Activity: Copy the lines below that contain "format".

Collected data:
===

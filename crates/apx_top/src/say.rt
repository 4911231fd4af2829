//! The status of a run that stopped, and the line that says why.
ghost use Rattle.std.specs.Prelude.{◌≡◌, ◌≤◌, ◌++◌, codes, decimal, IsErr};
ghost use Rattle.apx_cause.specs.Cause.{Rose};
ghost use Rattle.apx_top.specs.Lines.{refusal_status, status_of, cause_text, blank_before, refusal_line, line_of};
ghost use Rattle.apx_top.specs.Sent.{HasWritten};

use crate::write::Text;
use apx_device::{Failed, Out};
use apx_json::Name;
use apx_load::{LineCause, Refusal, Stop};
use itoa::Buffer;

/// The exit status of a run that stopped.
pub(crate) fn status(stop: &Stop) -> u8
    ensures { result ≡ status_of stop.now }
{
    match stop {
        Stop::Refused(refusal) => refusal_status(refusal),
        Stop::CannotRead { .. } => 2,
        Stop::VaultFailed => 8,
        Stop::StoreFailed => 9,
        Stop::SpoolFailed => 10,
        Stop::StateDamaged | Stop::BlockDamaged => 11,
        Stop::OutputFailed => 12,
        Stop::Memory => 13,
        Stop::Large => 19,
    }
}

fn refusal_status(refusal: &Refusal) -> u8
    ensures { result ≡ refusal_status refusal.now }
{
    match refusal {
        Refusal::NotACommand | Refusal::NotBuilt => 1,
        Refusal::NoFile { .. } => 3,
        Refusal::FileTooLong { .. } => 4,
        Refusal::NoJson | Refusal::WrongShape { .. } | Refusal::BrokenRule { .. } => 5,
        Refusal::RefusedLine { .. } => 6,
        Refusal::RefusedCommand { .. } => 7,
        Refusal::RefusedEntry { .. } => 16,
    }
}

/// Writes the line that says why a run stopped, or a front of it where the output fails. It takes no memory.
pub(crate) fn say<E: Out>(err: &mut E, stop: &Stop) -> Result<(), Failed>
    ensures written { HasWritten E.tells (line_of stop.now) result (E.written err.old) (E.written err.new) }
    ensures later { E.faults err.old ≤ E.faults err.new }
    ensures cause { IsErr result → Rose (E.faults err.old) (E.faults err.new) }
{
    match stop {
        Stop::Refused(refusal) => say_refusal(err, refusal),
        Stop::CannotRead { name } => say_name(err, "apex: cannot read ", name),
        Stop::VaultFailed => "apex: checkpoint store failed\n".write_to(err),
        Stop::StoreFailed => "apex: sink store failed\n".write_to(err),
        Stop::SpoolFailed => "apex: spool failed\n".write_to(err),
        Stop::StateDamaged => "apex: checkpoint damaged\n".write_to(err),
        Stop::BlockDamaged => "apex: block damaged\n".write_to(err),
        Stop::OutputFailed => "".write_to(err),
        Stop::Memory => "apex: out of memory\n".write_to(err),
        Stop::Large => "apex: too large\n".write_to(err),
    }
}

fn say_refusal<E: Out>(err: &mut E, refusal: &Refusal) -> Result<(), Failed>
    ensures written { HasWritten E.tells (refusal_line refusal.now) result (E.written err.old) (E.written err.new) }
    ensures later { E.faults err.old ≤ E.faults err.new }
    ensures cause { IsErr result → Rose (E.faults err.old) (E.faults err.new) }
{
    match refusal {
        Refusal::NotACommand => "apex: not a command\n".write_to(err),
        Refusal::NotBuilt => "apex: not a command\n".write_to(err),
        Refusal::NoFile { name } => say_name(err, "apex: no file ", name),
        Refusal::FileTooLong { name } => say_name(err, "apex: file too long ", name),
        Refusal::NoJson => "apex: application refused: Syntax\n".write_to(err),
        Refusal::WrongShape { place } => say_name(err, "apex: application refused: Shape ", place),
        Refusal::BrokenRule { code, place } => say_rule(err, *code, place),
        Refusal::RefusedLine { file, line, cause } => say_line(err, file, *line, *cause),
        Refusal::RefusedCommand { line, why } => {
            say_numbered(err, "apex: script line ", *line, " refused: S", *why)
        }
        Refusal::RefusedEntry { line, why } => {
            say_numbered(err, "apex: journal line ", *line, " refused: J", *why)
        }
    }
}

/// Writes what was refused, a name, and LF.
fn say_name<E: Out>(err: &mut E, what: &str, name: &Name) -> Result<(), Failed>
    ensures written { HasWritten E.tells (what.now ++ (name.now ++ codes "\n")) result (E.written err.old) (E.written err.new) }
    ensures later { E.faults err.old ≤ E.faults err.new }
    ensures cause { IsErr result → Rose (E.faults err.old) (E.faults err.new) }
{
    (what, (name.text(), "\n")).write_to(err)
}

/// Writes which rule of applications was broken, and where.
fn say_rule<E: Out>(err: &mut E, code: u8, place: &Name) -> Result<(), Failed>
    ensures written { HasWritten E.tells
        (codes "apex: application refused: A" ++ (decimal code ++ (blank_before place.now ++ (place.now ++ codes "\n"))))
        result (E.written err.old) (E.written err.new) }
    ensures later { E.faults err.old ≤ E.faults err.new }
    ensures cause { IsErr result → Rose (E.faults err.old) (E.faults err.new) }
{
    let mut buffer = Buffer::new();
    let code = buffer.format(code);
    let place = place.text();
    let place = (blank_before(place), (place, "\n"));
    ("apex: application refused: A", (code, place)).write_to(err)
}

/// Writes which line of a script or a journal was refused, the number of the reason, and LF.
fn say_numbered<E: Out>(
    err: &mut E,
    what: &str,
    line: u64,
    refused: &str,
    why: u8,
) -> Result<(), Failed>
    ensures written { HasWritten E.tells
        (what.now ++ (decimal line ++ (refused.now ++ (decimal why ++ codes "\n"))))
        result (E.written err.old) (E.written err.new) }
    ensures later { E.faults err.old ≤ E.faults err.new }
    ensures cause { IsErr result → Rose (E.faults err.old) (E.faults err.new) }
{
    let (mut first, mut second) = (Buffer::new(), Buffer::new());
    let (line, why) = (first.format(line), second.format(why));
    (what, (line, (refused, (why, "\n")))).write_to(err)
}

fn blank_before(place: &str) -> &'static str
    ensures { result.now ≡ blank_before place.now }
{
    if place.is_empty() { "" } else { " " }
}

/// Writes which line of an input was refused, and why.
fn say_line<E: Out>(err: &mut E, file: &Name, line: u64, cause: LineCause) -> Result<(), Failed>
    ensures written { HasWritten E.tells
        (codes "apex: line " ++ (decimal line ++ (codes " of " ++ (file.now ++ cause_text cause))))
        result (E.written err.old) (E.written err.new) }
    ensures later { E.faults err.old ≤ E.faults err.new }
    ensures cause { IsErr result → Rose (E.faults err.old) (E.faults err.new) }
{
    let mut buffer = Buffer::new();
    let place = (" of ", (file.text(), cause_text(cause)));
    ("apex: line ", (buffer.format(line), place)).write_to(err)
}

fn cause_text(cause: LineCause) -> &'static str
    ensures { result.now ≡ cause_text cause }
{
    match cause {
        LineCause::TooLong => " refused: too long\n",
        LineCause::BadPair => " refused: no pair\n",
        LineCause::TooMany => " refused: too many windows\n",
    }
}
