/// Whether the last thing that happened is the end.
fn is_ended(journal: &[Entry]) -> bool {
    matches!(journal.last(), Some(last) if last.event == Event::End)
}

/// The last window that was committed.
fn last_commit(journal: &[Entry]) -> u32 {
    let mut last = 0;
    for entry in journal {
        if let Event::Commit { to } = entry.event {
            last = to;
        }
    }
    last
}

/// Ten lines of three words, of which the last is another one in each line, so many times.
fn quick(alloc: Global, times: usize) -> Result<String, AllocError> {
    let ten =
        "the quick w1\nthe quick w2\nthe quick w3\nthe quick w4\nthe quick w5\nthe quick w6\nthe quick w7\nthe quick w8\nthe quick w9\nthe quick w0\n";
    copies(alloc, ten, times)
}

/// A window that ten of these lines make, behind so many of them.
fn quick_window(alloc: Global, done: u64) -> Result<String, AllocError> {
    let number = done.wrapping_add(1);
    let window = number.to_string(alloc)?;
    let tens = number.wrapping_mul(10).to_string(alloc)?;
    let id = done
        .wrapping_add(4_294_967_296_000_000_000)
        .to_string(alloc)?;
    let (w, t) = (window.as_str(), tens.as_str());
    joined(
        alloc,
        &[
            "window ",
            w,
            " ",
            id.as_str(),
            " 12\nquick\t",
            t,
            "\nthe\t",
            t,
            "\nw0\t",
            w,
            "\nw1\t",
            w,
            "\nw2\t",
            w,
            "\nw3\t",
            w,
            "\nw4\t",
            w,
            "\nw5\t",
            w,
            "\nw6\t",
            w,
            "\nw7\t",
            w,
            "\nw8\t",
            w,
            "\nw9\t",
            w,
            "\n",
        ],
    )
}

/// The windows that these lines make.
fn quick_text(alloc: Global, windows: u64) -> Result<String, AllocError> {
    let mut text = String::new(alloc);
    for done in 0..windows {
        let window = quick_window(alloc, done)?;
        text.push_str(window.as_str())?;
    }
    Ok(text)
}

/// Expects a run over an application and an input to print these rows and this report, and a mean the same rows.
fn expect_reported(
    rt: &impl Abort,
    alloc: Global,
    app: &str,
    input: &str,
    out: &str,
    report: &str,
) -> Result<(), Fail> {
    let texts = [app, input, ""];
    let left = run(alloc, &["sim", "app.json"], texts)?;
    expect(rt, &left, 0, out, report);
    assert!(rt; is_ended(&left.journal));
    let mean = run(alloc, &["mean", "app.json"], texts)?;
    expect(rt, &mean, 0, out, "");
    assert!(rt; mean.journal.is_empty());
    Ok(())
}

#[test]
fn runs_without_options_are_reported(rt: HostRuntime) -> Result<(), Fail> {
    let alloc = rt.alloc();
    let app = counting(alloc, "2", "")?;
    let words =
        "window 1 4294967296000000000 2\na\t2\nb\t1\nwindow 2 4294967296000000001 2\na\t3\nc\t1\n";
    for (input, out, report) in [
        (
            "",
            "",
            "windows 0\nrows 0\nstarts 0\nwrites 0\nsaves 0\nkills 0\nrepartitions 0\ncommitted 0\n",
        ),
        (
            "a b\na\nc a\n",
            words,
            "windows 2\nrows 4\nstarts 8\nwrites 2\nsaves 0\nkills 0\nrepartitions 0\ncommitted 0\n",
        ),
    ] {
        expect_reported(&rt, alloc, app.as_str(), input, out, report)?;
    }
    let (lines, rows) = (quick(alloc, 200)?, quick_text(alloc, 200)?);
    let app = counting(alloc, "10", FOUR)?;
    let report =
        "windows 200\nrows 2400\nstarts 1400\nwrites 200\nsaves 21\nkills 0\nrepartitions 0\ncommitted 180\n";
    expect_reported(
        &rt,
        alloc,
        app.as_str(),
        lines.as_str(),
        rows.as_str(),
        report,
    )
}

/// A checkpoint of what carries nothing.
const NOTHING: &[u8] = b"\xff\x02\0\0\0\0\0\0\0\0\0\0\0\0";

/// Checkpoints of counts.
const COUNTED_A: &[u8] = b"\xff\x02\0\0\0\x01\0\x01a\0\0\0\0\0\0\0\x02\0\0\0\0\0\0\0\0";

const COUNTED_B: &[u8] = b"\xff\x02\0\0\0\x01\0\x01b\0\0\0\0\0\0\0\x02\0\0\0\0\0\0\0\0";

const COUNTED_C: &[u8] = b"\xff\x02\0\0\0\x01\0\x01c\0\0\0\0\0\0\0\x02\0\0\0\0\0\0\0\0";

const COUNTED_A_C: &[u8] =
    b"\xff\x02\0\0\0\x02\0\x01a\0\0\0\0\0\0\0\x02\0\x01c\0\0\0\0\0\0\0\x02\0\0\0\0\0\0\0\0";

/// A checkpoint of the sum 2 with a tuple that was gathered since.
const GATHERED: &[u8] =
    b"\xff\x02\0\0\0\x01\0\x01k\0\0\0\0\0\0\0\x02\0\0\0\x01\0\x01k\0\0\0\0\0\0\0\x01\0\0\0\0";

/// The id of the checkpoint of a partition after a window, in the epoch that begins at a boundary.
fn save(op: u16, boundary: u32, part: u8, window: u32) -> SaveId {
    SaveId {
        op,
        boundary,
        part,
        window,
    }
}

/// Adds the ids of an operator and a boundary under which a checkpoint store has something.
fn add_kept(
    alloc: Global,
    vault: &mut MemoryVault,
    op: u16,
    boundary: u32,
    ids: &mut Vec<SaveId>,
) -> Result<(), Fail> {
    for part in 0..8 {
        for window in 0..7 {
            let id = save(op, boundary, part, window);
            if !vault.get(alloc, id)?.is_empty() {
                ids.push(id)?;
            }
        }
    }
    Ok(())
}

/// The ids under which a checkpoint store has something, of four operators and six windows.
fn kept(alloc: Global, vault: &mut MemoryVault) -> Result<Vec<SaveId>, Fail> {
    let mut ids = Vec::new(alloc);
    for op in 0..4 {
        for boundary in 0..7 {
            add_kept(alloc, vault, op, boundary, &mut ids)?;
        }
    }
    Ok(ids)
}

/// Expects a checkpoint store with these checkpoints and no others.
fn expect_kept(
    rt: &impl Abort,
    alloc: Global,
    vault: &mut MemoryVault,
    checkpoints: &[(SaveId, &[u8])],
) -> Result<(), Fail> {
    assert_eq!(rt; kept(alloc, vault)?.len(), checkpoints.len());
    for (id, bytes) in checkpoints {
        assert_eq!(rt; vault.get(alloc, *id)?.as_slice(), *bytes);
    }
    Ok(())
}

/// How many windows began, how many were stored, and how many states were saved.
fn tally(journal: &[Entry]) -> (usize, usize, usize) {
    let starts = journal
        .iter()
        .filter(|entry| matches!(entry.event, Event::Start { .. }));
    let writes = journal
        .iter()
        .filter(|entry| matches!(entry.event, Event::Write { .. }));
    let saves = journal
        .iter()
        .filter(|entry| matches!(entry.event, Event::Save { .. }));
    (starts.count(), writes.count(), saves.count())
}

#[test]
fn each_order_leaves_the_same_rows_and_checkpoints(rt: HostRuntime) -> Result<(), Fail> {
    let alloc = rt.alloc();
    let app = counting(alloc, "1", TWO)?;
    let checkpoints = [
        (save(0, 0, 0, 6), NOTHING),
        (save(1, 0, 0, 6), NOTHING),
        (save(2, 0, 0, 6), COUNTED_B),
        (save(2, 0, 1, 6), COUNTED_A_C),
        (save(3, 0, 0, 6), NOTHING),
    ];
    for order in ["0", "1", "2", "3", "4", "5", "6", "7", "8", "9"] {
        let given = ["sim", "app.json", "--checkpoint", "2", "--order", order];
        let mut left = run(alloc, &given, [app.as_str(), SIX, ""])?;
        expect_rows(&rt, &left, SIX_TEXT);
        assert_eq!(rt; tally(&left.journal), (30, 6, 15));
        assert_eq!(rt; last_commit(&left.journal), 6);
        expect_kept(&rt, alloc, &mut left.vault, &checkpoints)?;
    }
    Ok(())
}

/// The windows of pairs k 1, summed two at a time.
const SUMMED: &str =
    "window 1 4294967296000000000 0\nwindow 2 4294967296000000001 1\nk\t2\nwindow 3 4294967296000000002 0\n";

const SUMMED_TWICE: &str =
    "window 1 4294967296000000000 0\nwindow 2 4294967296000000001 1\nk\t2\nwindow 3 4294967296000000002 0\nwindow 4 4294967296000000003 1\nk\t4\n";

#[test]
fn checkpoints_are_left_of_the_last_epochs(rt: HostRuntime) -> Result<(), Fail> {
    let alloc = rt.alloc();
    let (app, sum) = (
        counting(alloc, "1", TWO)?,
        joined(alloc, &[SUMS_PAIRS, "1", STORES_SUMS])?,
    );
    let thirds = [
        (save(0, 0, 0, 6), NOTHING),
        (save(1, 0, 0, 6), NOTHING),
        (save(2, 4, 0, 6), COUNTED_C),
        (save(2, 4, 1, 6), COUNTED_A),
        (save(2, 4, 2, 6), COUNTED_B),
        (save(3, 0, 0, 6), NOTHING),
    ];
    let sums = [
        (save(0, 0, 0, 3), NOTHING),
        (save(1, 0, 0, 3), GATHERED),
        (save(2, 0, 0, 3), NOTHING),
    ];
    let split = [app.as_str(), SIX, "repartition 4 3 tally\n"];
    let killed = [
        app.as_str(),
        SIX,
        "repartition 4 3 tally\nkill staged 5 2 tally\n",
    ];
    let summed = [sum.as_str(), "k\t1\nk\t1\nk\t1\n", ""];
    let rows: [(&str, [&str; 3], &str, &[(SaveId, &[u8])], &[&str]); 3] = [
        (
            "2",
            split,
            SIX_TEXT,
            &thirds,
            &["starts 32", "saves 16", "kills 0", "repartitions 1"],
        ),
        ("2", killed, SIX_TEXT, &thirds, &["kills 1"]),
        ("1", summed, SUMMED, &sums, &["kills 0"]),
    ];
    for (every, texts, out, checkpoints, lines) in rows {
        let given = [
            "sim",
            "app.json",
            "--checkpoint",
            every,
            "--script",
            "script.txt",
        ];
        let mut left = run(alloc, &given, texts)?;
        expect_rows(&rt, &left, out);
        expect_lines(&rt, &left.err, lines);
        expect_kept(&rt, alloc, &mut left.vault, checkpoints)?;
    }
    let sum = joined(alloc, &[SUMS_PAIRS, "2", STORES_SUMS])?;
    let script = "kill staged 2 1 total\nrepartition 3 3 total\n";
    let texts = [sum.as_str(), "k\t1\nk\t1\nk\t1\nk\t1\n", script];
    let given = [
        "sim",
        "app.json",
        "--checkpoint",
        "1",
        "--script",
        "script.txt",
    ];
    let left = run(alloc, &given, texts)?;
    expect_rows(&rt, &left, SUMMED_TWICE);
    expect_lines(&rt, &left.err, &["kills 1", "repartitions 1"]);
    Ok(())
}
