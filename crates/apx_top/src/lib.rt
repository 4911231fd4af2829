//! The top call: from the words of the command line and the devices to a status.
#![tactic(auto)]

pub use apx_core::{Devices, RunJournal};
pub use ended::{Ended, History, Shown};
pub use plain::apex_plain;
pub use whole::apex_main;

mod audit;
#[cfg(test)]
mod calls;
mod crew;
#[cfg(test)]
mod crews;
mod ended;
mod example;
#[cfg(test)]
mod examples;
mod faults;
#[cfg(test)]
mod journals;
mod mean;
#[cfg(test)]
mod outcomes;
mod plain;
mod print;
#[cfg(test)]
mod runs;
mod say;
mod sim;
mod tell;
#[cfg(test)]
mod tests;
mod trace;
#[cfg(test)]
mod traces;
mod whole;
mod write;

===

Response to the task:
    let code = buffer.format(code);
    let (line, why) = (first.format(line), second.format(why));
    ("apex: line ", (buffer.format(line), place)).write_to(err)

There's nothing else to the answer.